## Saved data entries
⟨

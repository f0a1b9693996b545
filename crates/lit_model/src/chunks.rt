//! The text of chunks: joining it, and testing whether it is empty or white space.

ghost use Rattle.std.specs.Prelude.{◌≡◌, string_bytes, chars, IfOk};
ghost use Rattle.std.specs.Char.{is_whitespace};
ghost use Rattle.std.specs.List.{list_all};
ghost use Rattle.lit_model.specs.Chunks as spec;
ghost use Rattle.lit_model.specs.Text.{chunks};

use crate::text::ChunkedString;
use csl_common::Memory;
use std::alloc::Global;

impl ChunkedString {
    /// The whole text: the texts of the chunks, one after another.
    pub fn to_text(&self, alloc: Global) -> Result<String, Memory>
        ensures { IfOk result (λ text. string_bytes text ≡ spec.chunks_text (chunks self.now)) }
    {
        let mut text = String::new(alloc);
        for chunk in &self.0 {
            text.push_str(chunk.value.as_str())?;
        }
        Ok(text)
    }

    /// Whether the text is empty: there is no chunk, or each is empty.
    pub fn is_empty(&self) -> bool
        ensures { result ≡ spec.is_empty (chunks self.now) }
    {
        for chunk in &self.0 {
            if !chunk.value.is_empty() {
                return false;
            }
        }
        true
    }

    /// Whether each character of the text is white space (Unicode White_Space); true if it is
    /// empty.
    pub fn is_white_space(&self) -> bool
        ensures { result ≡ spec.is_white_space (chunks self.now) }
    {
        for chunk in &self.0 {
            if !is_white_space(chunk.value.as_str()) {
                return false;
            }
        }
        true
    }
}

fn is_white_space(text: &str) -> bool
    ensures { result ≡ list_all is_whitespace (chars text.now) }
{
    text.chars().all(|c| c.is_whitespace())
}
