//! Selections: an entry, or one of its parents, by their types and fields.

ghost use Rattle.std.specs.Prelude.{◌≡◌, ◌++◌, map, option_copied, IfOk, OnOk};
ghost use Rattle.std.specs.List.{list_all};
ghost use Rattle.lit_model.specs.Entry.{role_groups};
ghost use Rattle.lit_model.specs.Person.{same_role, with_role};
ghost use Rattle.lit_model.specs.Select as spec;

use crate::entry::Entry;
use crate::entry_type::EntryType;
use crate::person::{Person, PersonRole};
use csl_common::Memory;
use std::alloc::Global;

/// A field that a clause may require.
#[derive(Clone, Copy, Debug, PartialEq, Eq, PartialOrd, Ord, Hash)]
pub enum Field {
    Date,
    Url,
    Issue,
    Volume,
}

/// The selection of a clause.
#[derive(Clone, Copy, Debug, PartialEq, Eq, PartialOrd, Ord, Hash)]
pub enum Bind {
    /// Nothing: the clause is a test.
    Nothing,
    /// The entry.
    Child,
    /// The first direct parent of one of the clause's parent types.
    Parent,
}

/// A test of an entry and of its direct parents.
#[derive(Clone, Copy, PartialEq, Eq)]
pub struct Clause<'a> {
    /// The types that the entry may have. An empty list means every type.
    pub own: &'a [EntryType],
    /// The fields that the entry itself must have.
    pub fields: &'a [Field],
    /// The types for a direct parent: at least one direct parent must have one of them. An empty
    /// list means every type. `None` means that no parent is needed.
    pub parent: Option<&'a [EntryType]>,
    /// The selection for an entry that fits the clause.
    pub bind: Bind,
}

static CONTAINER: [Clause<'static>; 5] = [
    Clause {
        own: &[EntryType::Chapter],
        fields: &[],
        parent: Some(&[
            EntryType::Book,
            EntryType::Anthology,
            EntryType::Proceedings,
        ]),
        bind: Bind::Parent,
    },
    Clause {
        own: &[EntryType::Anthos],
        fields: &[],
        parent: Some(&[EntryType::Anthology]),
        bind: Bind::Parent,
    },
    Clause {
        own: &[EntryType::Entry],
        fields: &[],
        parent: Some(&[]),
        bind: Bind::Parent,
    },
    Clause {
        own: &[EntryType::Article],
        fields: &[],
        parent: Some(&[
            EntryType::Proceedings,
            EntryType::Periodical,
            EntryType::Newspaper,
            EntryType::Blog,
            EntryType::Web,
        ]),
        bind: Bind::Parent,
    },
    Clause {
        own: &[],
        fields: &[],
        parent: Some(&[EntryType::Reference, EntryType::Web, EntryType::Blog]),
        bind: Bind::Parent,
    },
];

/// The clauses for the container of an entry: the book of a chapter, the journal of an article, the
/// site of anything.
fn container() -> &'static [Clause<'static>]
    ensures { map spec.clause_view result.now ≡ spec.container }
{
    &CONTAINER
}

static COLLECTION: [Clause<'static>; 1] = [Clause {
    own: &[
        EntryType::Book,
        EntryType::Anthology,
        EntryType::Proceedings,
        EntryType::Reference,
        EntryType::Report,
    ],
    fields: &[],
    parent: Some(&[
        EntryType::Book,
        EntryType::Anthology,
        EntryType::Periodical,
        EntryType::Reference,
    ]),
    bind: Bind::Parent,
}];

/// The clauses for the collection of a work without a container.
fn collection() -> &'static [Clause<'static>]
    ensures { map spec.clause_view result.now ≡ spec.collection }
{
    &COLLECTION
}

static ORIGINAL: [Clause<'static>; 1] = [Clause {
    own: &[],
    fields: &[],
    parent: Some(&[EntryType::Original]),
    bind: Bind::Parent,
}];

/// The clauses for the work that an entry translates or reprints.
fn original() -> &'static [Clause<'static>]
    ensures { map spec.clause_view result.now ≡ spec.original }
{
    &ORIGINAL
}

static EVENT: [Clause<'static>; 1] = [Clause {
    own: &[],
    fields: &[],
    parent: Some(&[
        EntryType::Exhibition,
        EntryType::Conference,
        EntryType::Misc,
    ]),
    bind: Bind::Parent,
}];

/// The clauses for the event of a work: its first parent of type Exhibition, Conference or Misc.
pub fn event() -> &'static [Clause<'static>]
    ensures { map spec.clause_view result.now ≡ spec.event }
{
    &EVENT
}

static CHAPTER: [Clause<'static>; 4] = [
    Clause {
        own: &[EntryType::Anthos],
        fields: &[],
        parent: Some(&[EntryType::Anthology]),
        bind: Bind::Child,
    },
    Clause {
        own: &[],
        fields: &[],
        parent: Some(&[EntryType::Reference]),
        bind: Bind::Child,
    },
    Clause {
        own: &[EntryType::Article],
        fields: &[],
        parent: Some(&[EntryType::Proceedings]),
        bind: Bind::Child,
    },
    Clause {
        own: &[],
        fields: &[],
        parent: Some(&[EntryType::Book]),
        bind: Bind::Child,
    },
];

/// The clauses for an entry whose volume is a chapter number: a work of type Anthos in an
/// anthology, an article in proceedings, or anything in a work of reference or a book.
pub fn chapter() -> &'static [Clause<'static>]
    ensures { map spec.clause_view result.now ≡ spec.chapter }
{
    &CHAPTER
}

static PART: [Clause<'static>; 1] = [Clause {
    own: &[],
    fields: &[],
    parent: Some(&[
        EntryType::Article,
        EntryType::Blog,
        EntryType::Book,
        EntryType::Legislation,
    ]),
    bind: Bind::Child,
}];

/// The clauses for an entry whose volume is a part number: anything in an article, a blog, a book
/// or a law.
pub fn part() -> &'static [Clause<'static>]
    ensures { map spec.clause_view result.now ≡ spec.part }
{
    &PART
}

static VOLUME_TITLE: [Clause<'static>; 4] = [
    Clause {
        own: &[EntryType::Anthos],
        fields: &[],
        parent: Some(&[EntryType::Anthology]),
        bind: Bind::Parent,
    },
    Clause {
        own: &[EntryType::Entry],
        fields: &[],
        parent: Some(&[]),
        bind: Bind::Parent,
    },
    Clause {
        own: &[],
        fields: &[],
        parent: Some(&[EntryType::Reference]),
        bind: Bind::Parent,
    },
    Clause {
        own: &[EntryType::Article],
        fields: &[],
        parent: Some(&[EntryType::Proceedings]),
        bind: Bind::Parent,
    },
];

/// The clauses for the work whose title is a volume title: the parent of a work of type Anthos in
/// an anthology, of an entry (type Entry) in anything, of anything in a work of reference, or of an
/// article in proceedings.
pub fn volume_title() -> &'static [Clause<'static>]
    ensures { map spec.clause_view result.now ≡ spec.volume_title }
{
    &VOLUME_TITLE
}

static AUDIO_VIDEO: [Clause<'static>; 2] = [
    Clause {
        own: &[],
        fields: &[],
        parent: Some(&[EntryType::Audio, EntryType::Video]),
        bind: Bind::Parent,
    },
    Clause {
        own: &[EntryType::Audio, EntryType::Video],
        fields: &[],
        parent: None,
        bind: Bind::Child,
    },
];

/// The clauses for the recording: the first parent of type Audio or Video, else the entry itself if
/// it is of such a type.
pub fn audio_video() -> &'static [Clause<'static>]
    ensures { map spec.clause_view result.now ≡ spec.audio_video }
{
    &AUDIO_VIDEO
}

/// Whether the type is in the list. An empty list means every type.
fn is_among(entry_type: EntryType, types: &[EntryType]) -> bool
    ensures { result ≡ spec.is_among entry_type types.now }
{
    types.is_empty() || types.contains(&entry_type)
}

impl Entry {
    fn has_field(&self, field: Field) -> bool
        ensures { result ≡ spec.has_field self.now field }
    {
        match field {
            Field::Date => self.date.is_some(),
            Field::Url => self.url.is_some(),
            Field::Issue => self.issue.is_some(),
            Field::Volume => self.volume.is_some(),
        }
    }

    fn has_fields(&self, fields: &[Field]) -> bool
        ensures { result ≡ list_all (spec.has_field self.now) fields.now }
    {
        fields.iter().all(|field| self.has_field(*field))
    }

    /// The first direct parent of one of these types. An empty list means every type.
    fn parent_among(&self, types: &[EntryType]) -> Option<&Entry>
        ensures { option_copied result ≡ spec.parent_among types.now self.now }
    {
        self.parents.iter().find(|p| is_among(p.entry_type, types))
    }
}

impl Clause<'_> {
    /// Whether the entry has one of the types, all the fields, and the parent that is needed, if
    /// any.
    fn fits(&self, entry: &Entry) -> bool
        ensures { result ≡ spec.fits entry.now (spec.clause_view self.now) }
    {
        is_among(entry.entry_type, self.own)
            && entry.has_fields(self.fields)
            && self.has_parent(entry)
    }

    fn has_parent(&self, entry: &Entry) -> bool
        ensures { result ≡ spec.has_parent (spec.clause_view self.now).parent entry.now }
    {
        match self.parent {
            None => true,
            Some(types) => entry.parent_among(types).is_some(),
        }
    }

    /// The selection for an entry that fits the clause.
    fn bound<'e>(&self, entry: &'e Entry) -> Option<&'e Entry>
        ensures { option_copied result
            ≡ spec.bound_by self.now.bind (spec.clause_view self.now).parent entry.now }
    {
        match self.bind {
            Bind::Nothing => None,
            Bind::Child => Some(entry),
            Bind::Parent => entry.parent_among(self.parent?),
        }
    }
}

impl Entry {
    /// Whether some clause fits the entry.
    pub fn matches(&self, clauses: &[Clause<'_>]) -> bool
        ensures { result ≡ spec.matches (map spec.clause_view clauses.now) self.now }
    {
        for clause in clauses {
            if clause.fits(self) {
                return true;
            }
        }
        false
    }

    /// The selection of the first clause that fits the entry: nothing, the entry, or its first
    /// direct parent of one of the clause's parent types.
    pub fn bound_select(&self, clauses: &[Clause<'_>]) -> Option<&Entry>
        ensures { option_copied result
            ≡ spec.bound_select (map spec.clause_view clauses.now) self.now }
    {
        for clause in clauses {
            if clause.fits(self) {
                return clause.bound(self);
            }
        }
        None
    }
}

impl Entry {
    fn is_untitled_part(&self) -> bool
        ensures { result ≡ spec.is_untitled_part self.now }
    {
        (self.entry_type == EntryType::Chapter || self.entry_type == EntryType::Scene)
            && self.title.is_none()
    }

    /// The whole that the entry is a part of. For a chapter or a scene without a title, it is the
    /// whole of the first parent, if there is one. For any other entry, it is the entry itself.
    pub fn get_full(&self) -> &Entry
        ensures { result.now ≡ spec.full_of self.now }
    {
        let mut entry = self;
        loop {
            if !entry.is_untitled_part() {
                return entry;
            }
            match entry.parents.first() {
                None => return entry,
                Some(parent) => entry = parent,
            }
        }
    }

    /// The container of the entry, such as the journal of an article.
    pub fn get_container(&self) -> Option<&Entry>
        ensures { option_copied result ≡ spec.container_of self.now }
    {
        self.bound_select(container())
    }

    /// The collection of the entry: the first parent of its container if it has a container, else
    /// the parent that the clauses for a collection select.
    pub fn get_collection(&self) -> Option<&Entry>
        ensures { option_copied result ≡ spec.collection_of self.now }
    {
        match self.get_container() {
            Some(container) => container.parents.first(),
            None => self.bound_select(collection()),
        }
    }

    /// The work that the entry translates or reprints.
    pub fn get_original(&self) -> Option<&Entry>
        ensures { option_copied result ≡ spec.bound_select spec.original self.now }
    {
        self.bound_select(original())
    }

    /// The entry's own further persons with a role, in order.
    pub fn affiliated_with_role(
        &self,
        alloc: Global,
        role: &PersonRole,
    ) -> Result<Vec<&Person>, Memory>
        ensures { IfOk result (λ v. map (λ p. p.now) v.items
            ≡ with_role (λ r. same_role r role.now) (role_groups self.now)) }
    {
        let mut persons = Vec::new(alloc);
        if let Some(groups) = &self.affiliated {
            for group in groups {
                if group.role == *role {
                    push_all(&mut persons, &group.names)?;
                }
            }
        }
        Ok(persons)
    }
}

fn push_all<'a>(persons: &mut Vec<&'a Person>, more: &'a [Person]) -> Result<(), Memory>
    ensures { OnOk result (map (λ p. p.now) persons.new.items
        ≡ map (λ p. p.now) persons.old.items ++ more.now) }
{
    for person in more {
        persons.push(person)?;
    }
    Ok(())
}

⟩

## EXERCISE BRIEF
Output only the count of lines in the data containing "items".

## YOUR RESPONSE
3